▸ **What you should do**
Repeat the data below with no changes.

Stored items from a collection

++++++++++++++++++++

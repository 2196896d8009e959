// The record of a draft.
ghost use Rattle.std.specs.Prelude.{◌≡◌, if◌then◌else◌, Some, None};
ghost use Rattle.std.specs.Option.{option_map};
ghost use Rattle.bounded.specs.Items.{items};
ghost use Rattle.scheme.specs.Models.{bare_model};
ghost use Rattle.scheme.specs.Sizes.{sizes_of};
ghost use Rattle.scheme.specs.Drafts.{draft_of};
ghost use Rattle.record.specs.Numberings.{state_of};
ghost use Rattle.record.specs.Systems.{start_state};
ghost use Rattle.record.specs.Accepted.{accepted};
ghost use Rattle.record.specs.Schemes.{scheme_of};

use super::Scheme;
use crate::moves::table::moves_of;
use crate::numbering::{Numbering, State};
use bounded::Bounded;
use codes::ObjectState;
use scheme::draft::Draft;

fn sizes_in(draft: &Draft) -> Bounded<u8, 4>
    ensures { items result ≡ sizes_of (draft_of draft.now) }
{
    let attributes = draft.attributes();
    Bounded::collect(0, attributes.iter().map(|attribute| attribute.size)).unwrap()
}

// Every object is there, with the values of its line.
fn start_in(draft: &Draft) -> State
    ensures { state_of result ≡ start_state (draft_of draft.now) }
{
    let there = draft
        .objects()
        .iter()
        .map(|object| ObjectState::There(object.values));
    Bounded::collect(ObjectState::Absent, there).unwrap()
}

impl Scheme {
    // A draft as a scheme; none where it is not well-formed or has too many states.
    pub fn of(draft: Draft) -> Option<Scheme>
        ensures { option_map scheme_of result ≡ (if accepted (draft_of draft) then Some (draft_of draft) else None) }
    {
        if !draft.is_well_formed() {
            return None;
        }
        let objects = draft.objects().len();
        let policies = draft.policies().len();
        let numbering = Numbering::of(sizes_in(&draft), objects)?;
        let start = numbering.number(&start_in(&draft))?;
        let moves = moves_of(objects as u32, policies as u32);
        Some(Scheme {
            draft,
            numbering,
            start,
            moves,
        })
    }

    // Nothing is declared: one state, no move.
    pub fn bare() -> Scheme
        ensures { scheme_of result ≡ bare_model }
    {
        Scheme::of(Draft::new()).unwrap()
    }

    // What the scheme declares.
    pub fn draft(&self) -> &Draft
        ensures { draft_of result.now ≡ scheme_of self.now }
    {
        &self.draft
    }
}
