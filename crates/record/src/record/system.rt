// The scheme record behind the interface of walks and protection systems.
ghost use Rattle.std.specs.Prelude.{◌≡◌, length};
ghost use Rattle.record.specs.Systems.{walk_of, labels_of};
ghost use Rattle.record.specs.Numbers.{NumbersStates, NumbersMoves, StartsAsDeclared};
ghost use Rattle.record.specs.Schemes.{scheme_of};
ghost use Rattle.record.specs.SystemLaws.{scheme_bounds, scheme_counts};

use super::Scheme;
use protection::{Permission, System};
use walk::Walk;

impl Walk for Scheme {
    ghost model = { λ s. walk_of (scheme_of s) };

    ghost bounds = { λ s. scheme_bounds s };

    // `numbers_the_states`: the numbers of the states are just those below it.
    #[tactic(auto, using(crate::proofs::Dimensions::states_counted))]
    fn states(&self) -> u32
        ensures value { result ≡ (walk_of (scheme_of self.now)).states }
        ensures numbers_the_states { NumbersStates (scheme_of self.now) result }
    {
        self.numbering.states()
    }

    // `as_declared`: in the state that `decode` gives for it, each object is there, with the values of its line.
    #[tactic(auto, using(crate::proofs::Numbered::starts_as_declared))]
    fn start(&self) -> u32
        ensures value { result ≡ (walk_of (scheme_of self.now)).start }
        ensures as_declared { StartsAsDeclared (scheme_of self.now) result }
    {
        self.start
    }

    // `numbers_the_moves`: the numbers of the moves are just those below it.
    #[tactic(auto, using(crate::specs::SystemLaws::moves_counted))]
    fn moves(&self) -> u32
        ensures value { result ≡ (walk_of (scheme_of self.now)).moves }
        ensures numbers_the_moves { NumbersMoves (scheme_of self.now) result }
    {
        self.moves.as_slice().len() as u32
    }

    fn step(&self, state: u32, mv: u32) -> Option<u32> {
        self.step(state, mv)
    }
}

impl System for Scheme {
    ghost labels = { λ s. labels_of (scheme_of s) };

    ghost counts = { λ s. scheme_counts s };

    fn objects(&self) -> u32
        ensures value { result ≡ (labels_of (scheme_of self.now)).objects }
        ensures counts_the_objects { result ≡ length (scheme_of self.now).objects }
    {
        self.draft.objects().len() as u32
    }

    fn rights(&self) -> u32
        ensures value { result ≡ (labels_of (scheme_of self.now)).rights }
        ensures counts_the_rights { result ≡ length (scheme_of self.now).rights }
    {
        self.draft.rights().len() as u32
    }

    fn label(&self, mv: u32) -> Option<Permission> {
        self.label(mv)
    }
}
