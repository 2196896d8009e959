// States by their numbers.
ghost use Rattle.std.specs.Prelude.{◌≡◌, if◌then◌else◌, Some, None, nat_lt};
ghost use Rattle.std.specs.Option.{option_map};
ghost use Rattle.scheme.specs.Sizes.{sizes_of};
ghost use Rattle.scheme.specs.Counts.{state_count};
ghost use Rattle.record.specs.States.{state_fits, number, state_from, Corresponds};
ghost use Rattle.record.specs.Numberings.{state_of};
ghost use Rattle.record.specs.Systems.{object_count};
ghost use Rattle.record.specs.Schemes.{scheme_of};

use super::Scheme;
use crate::numbering::State;

impl Scheme {
    // The number of a state; none where it is no state of this scheme. `one_to_one`: states and the
    // numbers below their count correspond.
    #[tactic(auto, using(crate::proofs::Dimensions::dimensions, crate::proofs::Digits::corresponds))]
    pub fn encode(&self, state: &State) -> Option<u32>
        ensures value { result ≡ (if state_fits (sizes_of (scheme_of self.now)) (object_count (scheme_of self.now)) (state_of state.now) then Some (number (sizes_of (scheme_of self.now)) (state_of state.now)) else None) }
        ensures one_to_one { Corresponds (sizes_of (scheme_of self.now)) (object_count (scheme_of self.now)) }
    {
        self.numbering.number(state)
    }

    // The state that a number stands for; none where the number is not below the count of states.
    pub fn decode(&self, number: u32) -> Option<State>
        ensures value { option_map state_of result ≡ (if nat_lt number (state_count (scheme_of self.now)) then Some (state_from (sizes_of (scheme_of self.now)) (object_count (scheme_of self.now)) number) else None) }
        ensures one_to_one { Corresponds (sizes_of (scheme_of self.now)) (object_count (scheme_of self.now)) }
    {
        self.numbering.state(number)
    }
}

++++++++++++++++++++

▸ **Exercise solution**
repository 2196896d8009e959
// The record of a draft.
ghost use Rattle.std.specs.Prelude.{◌≡◌, if◌then◌else◌, Some, None};
ghost use Rattle.std.specs.Option.{option_map};
ghost use Rattle.bounded.specs.Items.{items};
ghost use Rattle.scheme.specs.Models.{bare_model};
ghost use Rattle.scheme.specs.Sizes.{sizes_of};
ghost use Rattle.scheme.specs.Drafts.{draft_of};
ghost use Rattle.record.specs.Numberings.{state_of};
ghost use Rattle.record.specs.Systems.{start_state};
ghost use Rattle.record.specs.Accepted.{accepted};
ghost use Rattle.record.specs.Schemes.{scheme_of};

use super::Scheme;
use crate::moves::table::moves_of;
use crate::numbering::{Numbering, State};
use bounded::Bounded;
use codes::ObjectState;
use scheme::draft::Draft;

fn sizes_in(draft: &Draft) -> Bounded<u8, 4>
    ensures { items result ≡ sizes_of (draft_of draft.now) }
{
    let attributes = draft.attributes();
    Bounded::collect(0, attributes.iter().map(|attribute| attribute.size)).unwrap()
}

// Every object is there, with the values of its line.
fn start_in(draft: &Draft) -> State
    ensures { state_of result ≡ start_state (draft_of draft.now) }
{
    let there = draft
        .objects()
        .iter()
        .map(|object| ObjectState::There(object.values));
    Bounded::collect(ObjectState::Absent, there).unwrap()
}

impl Scheme {
    // A draft as a scheme; none where it is not well-formed or has too many states.
    pub fn of(draft: Draft) -> Option<Scheme>
        ensures { option_map scheme_of result ≡ (if accepted (draft_of draft) then Some (draft_of draft) else None) }
    {
        if !draft.is_well_formed() {
            return None;
        }
        let objects = draft.objects().len();
        let policies = draft.policies().len();
        let numbering = Numbering::of(sizes_in(&draft), objects)?;
        let start = numbering.number(&start_in(&draft))?;
        let moves = moves_of(objects as u32, policies as u32);
        Some(Scheme {
            draft,
            numbering,
            start,
            moves,
        })
    }

    // Nothing is declared: one state, no move.
    pub fn bare() -> Scheme
        ensures { scheme_of result ≡ bare_model }
    {
        Scheme::of(Draft::new()).unwrap()
    }

    // What the scheme declares.
    pub fn draft(&self) -> &Draft
        ensures { draft_of result.now ≡ scheme_of self.now }
    {
        &self.draft
    }
}
filename crates/record/src/record/system.rt
// The scheme record behind the interface of walks and protection systems.
ghost use Rattle.std.specs.Prelude.{◌≡◌, length};
ghost use Rattle.record.specs.Systems.{walk_of, labels_of};
ghost use Rattle.record.specs.Numbers.{NumbersStates, NumbersMoves, StartsAsDeclared};
ghost use Rattle.record.specs.Schemes.{scheme_of};
ghost use Rattle.record.specs.SystemLaws.{scheme_bounds, scheme_counts};

use super::Scheme;
use protection::{Permission, System};
use walk::Walk;

impl Walk for Scheme {
    ghost model = { λ s. walk_of (scheme_of s) };

    ghost bounds = { λ s. scheme_bounds s };

    // `numbers_the_states`: the numbers of the states are just those below it.
    #[tactic(auto, using(crate::proofs::Dimensions::states_counted))]
    fn states(&self) -> u32
        ensures value { result ≡ (walk_of (scheme_of self.now)).states }
        ensures numbers_the_states { NumbersStates (scheme_of self.now) result }
    {
        self.numbering.states()
    }

    // `as_declared`: in the state that `decode` gives for it, each object is there, with the values of its line.
    #[tactic(auto, using(crate::proofs::Numbered::starts_as_declared))]
    fn start(&self) -> u32
        ensures value { result ≡ (walk_of (scheme_of self.now)).start }
        ensures as_declared { StartsAsDeclared (scheme_of self.now) result }
    {
        self.start
    }

    // `numbers_the_moves`: the numbers of the moves are just those below it.
    #[tactic(auto, using(crate::specs::SystemLaws::moves_counted))]
    fn moves(&self) -> u32
        ensures value { result ≡ (walk_of (scheme_of self.now)).moves }
        ensures numbers_the_moves { NumbersMoves (scheme_of self.now) result }
    {
        self.moves.as_slice().len() as u32
    }

    fn step(&self, state: u32, mv: u32) -> Option<u32> {
        self.step(state, mv)
    }
}

impl System for Scheme {
    ghost labels = { λ s. labels_of (scheme_of s) };

    ghost counts = { λ s. scheme_counts s };

    fn objects(&self) -> u32
        ensures value { result ≡ (labels_of (scheme_of self.now)).objects }
        ensures counts_the_objects { result ≡ length (scheme_of self.now).objects }
    {
        self.draft.objects().len() as u32
    }

    fn rights(&self) -> u32
        ensures value { result ≡ (labels_of (scheme_of self.now)).rights }
        ensures counts_the_rights { result ≡ length (scheme_of self.now).rights }
    {
        self.draft.rights().len() as u32
    }

    fn label(&self, mv: u32) -> Option<Permission> {
        self.label(mv)
    }
}
repository 2196896d8009e959
// States by their numbers.
ghost use Rattle.std.specs.Prelude.{◌≡◌, if◌then◌else◌, Some, None, nat_lt};
ghost use Rattle.std.specs.Option.{option_map};
ghost use Rattle.scheme.specs.Sizes.{sizes_of};
ghost use Rattle.scheme.specs.Counts.{state_count};
ghost use Rattle.record.specs.States.{state_fits, number, state_from, Corresponds};
ghost use Rattle.record.specs.Numberings.{state_of};
ghost use Rattle.record.specs.Systems.{object_count};
ghost use Rattle.record.specs.Schemes.{scheme_of};

use super::Scheme;
use crate::numbering::State;

impl Scheme {
    // The number of a state; none where it is no state of this scheme. `one_to_one`: states and the
    // numbers below their count correspond.
    #[tactic(auto, using(crate::proofs::Dimensions::dimensions, crate::proofs::Digits::corresponds))]
    pub fn encode(&self, state: &State) -> Option<u32>
        ensures value { result ≡ (if state_fits (sizes_of (scheme_of self.now)) (object_count (scheme_of self.now)) (state_of state.now) then Some (number (sizes_of (scheme_of self.now)) (state_of state.now)) else None) }
        ensures one_to_one { Corresponds (sizes_of (scheme_of self.now)) (object_count (scheme_of self.now)) }
    {
        self.numbering.number(state)
    }

    // The state that a number stands for; none where the number is not below the count of states.
    pub fn decode(&self, number: u32) -> Option<State>
        ensures value { option_map state_of result ≡ (if nat_lt number (state_count (scheme_of self.now)) then Some (state_from (sizes_of (scheme_of self.now)) (object_count (scheme_of self.now)) number) else None) }
        ensures one_to_one { Corresponds (sizes_of (scheme_of self.now)) (object_count (scheme_of self.now)) }
    {
        self.numbering.state(number)
    }
}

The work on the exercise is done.